References: You like mecha anime? You like references to mecha anime? You think this bit’s getting old? Well, Planet With’s got all of that for you (except for the last one)! Grand Paladin functions the same as a power ranger or super sentai team, with a leading commander, an archetypical hero, a home base, etc. Later in the show, the weird psychic mechs that the members of Grand Paladin (and Soya, the actual protagonist; please don’t forget about him) receive start to become as big, stupid, and complicated as the type of headface mechs that are in Gurren Lagann. One arc is ripped straight out of the Human Instrumentality event in Neon Genesis Evangelion. The major theme of Planet With revolves around the destructive capabilities of war, just like a certain other famous anime franchise that starts with G and ends in undam. This show is a beautiful omage to all the famous mech shows that came before it. There’s also reference to previous works from the writer of this show, Satoshi Mizukami. I mean, the anime figure whose skirt Sensei is Asahina Samidare, the protagonist of Mizukami’s first major work: Lucifer and the Biscuit Hammer.

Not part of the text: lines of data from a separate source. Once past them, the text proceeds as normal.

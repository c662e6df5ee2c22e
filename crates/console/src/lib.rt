// The console's commands, a module for each group.

#![tactic(auto)]

pub mod help;
pub mod on_book;
pub mod on_both;
pub mod on_image;
pub mod on_rows;
pub mod on_target;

Themes: What constitutes violence and nonviolence? Is it what the Nebulans are trying to do, by psychically entrapping people and forcibly pacifying them, although technically hurting a single person? Is it the methods of Grand Paladin, whose members for the sake of justice, yet are willing to cause as much destruction as they’re trying to prevent? These are the types of questions that Planet With is trying to answer. This show twists the archetypical shonen and mech narratives by asking its viewers what the right tactic is when it comes to conflict and war, if there even is one at all.

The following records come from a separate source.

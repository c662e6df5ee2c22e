// The command that uses the image and both books.
use answers::alter_answer;
use kept::Kept;
use ports::Terminal;
use words::hex::{bytes_of, unpack};

// How many bytes a record has.
const RECORD: usize = 10;

// alter: the HEX word is the record.
pub fn write_alter(terminal: &mut Terminal, word: &[u8], line: u64, kept: &mut Kept) {
    if bytes_of(word) != RECORD {
        terminal.write(b"? a record is 10 bytes\n");
        return;
    }
    let mut record = [0u8; RECORD];
    unpack(word, &mut record);
    let answer = alter_answer(
        kept.img.lent_mut(),
        kept.book.lent_mut(),
        kept.pins.lent_mut(),
        line as usize,
        record,
    );
    terminal.write(answer.as_slice());
}
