// The commands that use the target.
use answers::{read_answer, write_answer};
use image::numbers::tail;
use kept::word::put_word;
use kept::{FRESH_BYTE, Kept, lend};
use ports::Terminal;
use report::rooms::LARGE;
use words::command::OnTarget;

// read: the drawing of a HEX word's bytes, into the lent target.
fn write_read(terminal: &mut Terminal, word: &[u8], target: &mut [u8]) {
    let mut text = [0u8; LARGE];
    if let Some(n) = put_word(terminal, word, &mut text) {
        terminal.write(read_answer(&text[..n], target).as_slice());
    }
}

// write: the image's drawing, into the lent target.
fn write_wrote(terminal: &mut Terminal, img: &[u8], target: &mut [u8]) {
    terminal.write(write_answer(img, target).as_slice());
}

// Answers a command.
pub fn on_target(terminal: &mut Terminal, asked: OnTarget, line: &[u8], kept: &mut Kept) {
    let target = &mut kept.target;
    match asked {
        OnTarget::Lend { bytes } => lend(terminal, bytes, FRESH_BYTE, target),
        OnTarget::Read { from } => write_read(terminal, tail(line, from), target.lent_mut()),
        OnTarget::Write => write_wrote(terminal, kept.img.lent(), target.lent_mut()),
        OnTarget::Target => terminal.write_hex(b"target ", target.lent()),
    }
}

Another amazing thing about this show is, again, how it handles its characters (but this time, in how they service the theme). No one in Planet With is a bad person. Not the Nebulans, who the shows tries to characterize when they show who’s sending down the weird and tacky ships. Not the extremely evil-looking chief who looks like he could be the final villain in any other show. Not even Soya, who starts the show by going all Shadow the Hedgehog and steal the chaos emeralds transformations in Grand Paladin’s hands. No one is truly evil, only misguided. It’s all about perspective. And talking cats.
Final Thoughts: I guess, if I were to spout any negative for this show, I would say that the art and sound direction for Planet With isn’t really anything to get excited about. It doesn’t have the highest budget and is somewhat banking on the fact that a lot of people know who the writer is and that there are psychic mech fights. Honestly, the mech fights aren’t the greatest either, but I was there because of Satoshi Mizukami. And his writing delivered, because everything I’ve been talking about until now? That’s only the first arc of the story, maybe a little more than episode one. That’s nowhere near the whole story. But it’s up to you to keep watching and find out the rest of what’s going on. Meow.